Phase II study of use of a single cycle of induction chemotherapy and concurrent chemoradiotherapy containing capecitabine/cisplatin followed by surgery for patients with resectable esophageal squamous cell carcinoma: long-term follow-up data.
ABSTRACT This phase II study evaluated the feasibility and efficacy of one cycle of induction chemotherapy, followed by concurrent chemoradiotherapy (CRT) featuring capecitabine/cisplatin, followed in turn by surgery, in the treatment of patients with resectable esophageal squamous cell carcinoma.
Between March 2003 and April 2005, 54 patients with stage II or III esophageal cancer were treated with induction chemotherapy (cisplatin 60 mg/m(2) on day 1; capecitabine 1,000 mg/m(2) bid on days 1-14) followed by concurrent radiotherapy (46 Gy in 23 fractions) and chemotherapy (cisplatin 30 mg/m(2) on days 1, 8, 15, and 22; capecitabine 800 mg/m(2) bid 5 days/week). Surgery was performed within 8 weeks of the end of radiotherapy.
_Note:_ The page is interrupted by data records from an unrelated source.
ghost use Rattle.std.specs.Prelude.{◌≡◌, ◌≤◌, length, IfOk, Ok};
ghost use Rattle.c_lex.specs.Tokens.{token, refusal, stays_line_start, AreTokens, IsStringOf, literal_of};
ghost use Rattle.c_lex.specs.Refusals.{IfRefused, RefusesText};

use crate::byte::Class;
use crate::directive::Define;
use crate::item::{Found, Item, item_at};
use crate::quoted::bytes_of;
use crate::refusal::{CompileFault, Kind, Refusal};
use crate::spelling::is_taken;
use crate::token::{Token, TokenKind};
use ak_words::{NoMemory, Num};
use indexmap::IndexMap;
use std::alloc::{AllocError, Global};

/// The most names that `#define` may make.
const MOST_NAMES: usize = 1024;

/// The names that `#define` made stand for numbers so far, and the text that they stand in.
#[derive(Drop)]
struct Names<'t> {
    text: &'t [u8],
    numbers: IndexMap<&'t [u8], Num>,
}

/// The tokens so far, and the names.
#[derive(Drop)]
struct Lexer<'t> {
    names: Names<'t>,
    tokens: Vec<Token>,
}

impl<'t> Names<'t> {
    ghost use Rattle.std.specs.Prelude.{◌≡◌, ◌+◌, ◌<◌, ◌≤◌, ◌++◌, ◌∷◌, [], OnOk, length};
    ghost use Rattle.std.specs.List.{slice_range};
    ghost use Rattle.std.specs.Map.{lookup};
    ghost use Rattle.std.specs.Str.{bytes_eq};
    ghost use Rattle.c_lex.specs.Tokens.{named, defined};
    ghost use Rattle.c_lex.specs.inner.Lexing.{names_in};

    /// The number that a name of the text stands for, if it was defined.
    fn number_of(&self, from: usize, to: usize) -> Option<Num>
        requires ordered { from ≤ to }
        requires within { to ≤ length self.now.text.now }
        ensures { result ≡ lookup (bytes_eq (slice_range self.now.text.now from to)) (names_in self.now) }
    {
        self.numbers.get(&self.text[from..to]).copied()
    }

    /// What a name of the text is: the constant that it was defined as, or a name of the program's own.
    fn kind_of(&self, from: usize, to: usize) -> TokenKind
        requires ordered { from ≤ to }
        requires within { to ≤ length self.now.text.now }
        ensures { result ≡ named (lookup (bytes_eq (slice_range self.now.text.now from to)) (names_in self.now)) }
    {
        match self.number_of(from, to) {
            Some(n) => TokenKind::Int(n),
            None => TokenKind::Name,
        }
    }

    /// The number that a `#define` at a place makes its name stand for, or what refuses it.
    #[tactic(auto, unfolding(crate::specs::Tokens::defined))]
    fn defined(&self, place: usize, define: Define) -> Result<Num, Refusal>
        requires name { place + define.name_to ≤ length self.now.text.now }
        requires number { place + define.number_from ≤ length self.now.text.now }
        requires ordered { define.name_from ≤ define.name_to }
        requires short { length self.now.text.now ≤ 1048576 }
        ensures { result ≡ defined self.now.text.now (names_in self.now) place define }
    {
        let from = place + define.name_from;
        let to = place + define.name_to;
        if is_taken(&self.text[from..to]) {
            return Err(refusal(place, Kind::UnexpectedToken));
        }
        if self.number_of(from, to).is_some() {
            return Err(refusal(place, Kind::DoubleName));
        }
        if self.numbers.len() >= MOST_NAMES {
            return Err(refusal(from, Kind::TooMany(10)));
        }
        match define.value {
            Some(n) => Ok(n),
            None => Err(refusal(place + define.number_from, Kind::NumberTooWide)),
        }
    }

    /// Makes a name of the text, which isn't defined yet, stand for a number.
    fn define(&mut self, from: usize, to: usize, number: Num) -> Result<(), AllocError>
        requires ordered { from ≤ to }
        requires within { to ≤ length self.old.text.now }
        requires fresh { lookup (bytes_eq (slice_range self.old.text.now from to)) (names_in self.old) ≡ None }
        ensures text { self.new.text ≡ self.old.text }
        ensures added { OnOk result (names_in self.new ≡ names_in self.old ++ (slice_range self.old.text.now from to, number) ∷ []) }
    {
        let name = &self.text[from..to];
        self.numbers.insert(name, number)?;
        Ok(())
    }
}

/// A refusal.
fn refusal(place: usize, kind: Kind) -> Refusal
    requires { place ≤ 1048576 }
    ensures { result ≡ refusal place kind }
{
    Refusal {
        place: place as u32,
        kind,
    }
}

/// A token.
fn token(kind: TokenKind, from: usize, to: usize) -> Token
    requires ordered { from ≤ to }
    requires short { to ≤ 1048576 }
    ensures { result ≡ token kind from to }
{
    Token {
        kind,
        from: from as u32,
        to: to as u32,
    }
}

/// Whether nothing but white space stands on the line, behind a byte.
fn stays_line_start(is_line_start: bool, byte: u8) -> bool
    ensures { result ≡ stays_line_start is_line_start byte }
{
    byte == b'\n' || Class::White.has(byte) && is_line_start
}

impl<'t> Lexer<'t> {
    ghost use Rattle.std.specs.Prelude.{◌≡◌, ◌+◌, ◌<◌, ◌≤◌, ◌++◌, ◌∷◌, [], OnOk, IfOk, length};
    ghost use Rattle.c_lex.specs.declared.item.Item.TheVariants as items;
    ghost use Rattle.c_lex.specs.Tokens.{end_of};
    ghost use Rattle.c_lex.specs.Refusals.{IfRefused};
    ghost use Rattle.c_lex.specs.inner.Lexing.{HasTaken, HasRefused};
    ghost use Rattle.c_lex.specs.inner.Spans.{IsInside};

    /// Takes a token.
    fn take_token(&mut self, kind: TokenKind, from: usize, to: usize) -> Result<(), CompileFault>
        requires ordered { from ≤ to }
        requires short { to ≤ 1048576 }
        ensures text { self.new.names.text ≡ self.old.names.text }
        ensures taken { OnOk result (HasTaken self.old (from, to, items.Token kind) self.new) }
        ensures unrefused { IfRefused result (λ r. ⊥) }
    {
        self.tokens.push(token(kind, from, to))?;
        Ok(())
    }

    /// Takes a name, which may have been defined.
    fn take_name(&mut self, from: usize, to: usize) -> Result<(), CompileFault>
        requires ordered { from ≤ to }
        requires within { to ≤ length self.old.names.text.now }
        requires short { length self.old.names.text.now ≤ 1048576 }
        ensures text { self.new.names.text ≡ self.old.names.text }
        ensures taken { OnOk result (HasTaken self.old (from, to, items.Name) self.new) }
        ensures unrefused { IfRefused result (λ r. ⊥) }
    {
        let kind = self.names.kind_of(from, to);
        self.tokens.push(token(kind, from, to))?;
        Ok(())
    }

    /// Takes a `#define` at a place, or is refused by it.
    fn take_define(&mut self, place: usize, end: usize, define: Define) -> Result<(), CompileFault>
        requires name { place + define.name_to ≤ length self.old.names.text.now }
        requires number { place + define.number_from ≤ length self.old.names.text.now }
        requires ordered { define.name_from ≤ define.name_to }
        requires short { length self.old.names.text.now ≤ 1048576 }
        ensures text { self.new.names.text ≡ self.old.names.text }
        ensures taken { OnOk result (HasTaken self.old (place, end, items.Define define) self.new) }
        ensures refused { IfRefused result (HasRefused self.old (place, end, items.Define define)) }
    {
        let number = match self.names.defined(place, define) {
            Ok(number) => number,
            Err(refused) => return Err(CompileFault::Refused(refused)),
        };
        let from = place + define.name_from;
        self.names.define(from, place + define.name_to, number)?;
        Ok(())
    }

    /// Takes what stands at a place, or is refused by it.
    fn take(&mut self, place: usize, found: Found) -> Result<(), CompileFault>
        requires within { place + found.len ≤ length self.old.names.text.now }
        requires inside { IsInside found.len found.item }
        requires short { length self.old.names.text.now ≤ 1048576 }
        ensures text { self.new.names.text ≡ self.old.names.text }
        ensures taken { OnOk result (HasTaken self.old (place, place + found.len, found.item) self.new) }
        ensures refused { IfRefused result (HasRefused self.old (place, place + found.len, found.item)) }
    {
        let end = place + found.len;
        match found.item {
            Item::Blank => Ok(()),
            Item::Name => self.take_name(place, end),
            Item::Token(kind) => self.take_token(kind, place, end),
            Item::Define(define) => self.take_define(place, end, define),
            Item::Fault(kind) => Err(CompileFault::Refused(refusal(place, kind))),
        }
    }

    /// The tokens, with the end of the text.
    fn finish(self) -> Result<Vec<Token>, CompileFault>
        requires { length self.names.text.now ≤ 1048576 }
        ensures found { IfOk result (λ tokens. tokens.items ≡ self.entry.tokens.items ++ end_of self.entry.names.text.now ∷ []) }
        ensures unrefused { IfRefused result (λ r. ⊥) }
    {
        let mut tokens = self.tokens;
        let end = self.names.text.len();
        tokens.push(token(TokenKind::End, end, end))?;
        Ok(tokens)
    }
}

/// The tokens of the text, in order, each the longest at its place, with one `End` last (C11 6.4).
///
/// The first place at which something stands that is no part of a text of the language refuses it, for
/// the least of its reasons by number. The text has at most 2^20 bytes.
pub fn lex(alloc: Global, text: &[u8]) -> Result<Vec<Token>, CompileFault>
    requires { length text.now ≤ 1048576 }
    ensures found { IfOk result (λ tokens. AreTokens text.now tokens.items) }
    ensures refused { IfRefused result (λ r. RefusesText text.now r) }
{
    let mut lexer = Lexer {
        names: Names {
            text,
            numbers: IndexMap::new(alloc),
        },
        tokens: Vec::new(alloc),
    };
    let mut is_line_start = true;
    let mut place = 0;
    while place < text.len() {
        let found = item_at(is_line_start, &text[place..]);
        lexer.take(place, found)?;
        is_line_start = stays_line_start(is_line_start, text[place]);
        place += found.len;
    }
    lexer.finish()
}

/// The bytes that a string of the text stands for: those between its quotes, with each escape as one byte
/// (C11 6.4.5). No zero byte is added.
pub fn literal(alloc: Global, text: &[u8], token: Token) -> Result<Vec<u8>, NoMemory>
    requires { IsStringOf text.now token }
    ensures { IfOk result (λ bytes. literal_of text.now token ≡ Ok bytes.items) }
{
    bytes_of(alloc, &text[token.from as usize + 1..token.to as usize - 1])
}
Median age of the patients was 64.5 years (range, 45-74 years). After CRT, 52 patients (96%) showed a clinical response, including 26 (48%) who exhibited a complete response (CR). Surgery was performed on 41 patients (76%), with 20 (37%) achieving pathologic CR and 3 (6%) dying of postoperative pneumonia. At a median follow-up time of 74.2 months (range, 64.3-84.8 months), 16 patients (30%) had experienced tumor recurrence and 36 (67%) had died. Of the 41 patients who underwent esophagectomy, 5 (12%) had exclusively locoregional disease and 7 (17%) had distant metastasis, whereas no one had both. The 5-year progression-free and overall survival rates were 30.2% (95% confidence interval [CI], 18.0-42.4%) and 37.0% (95% CI, 24.1-50.0%), respectively.
A trimodal approach, consisting of a single cycle of induction chemotherapy, CRT containing capecitabine and cisplatin, and surgery, was feasible and effective in patients with resectable esophageal squamous cell carcinoma.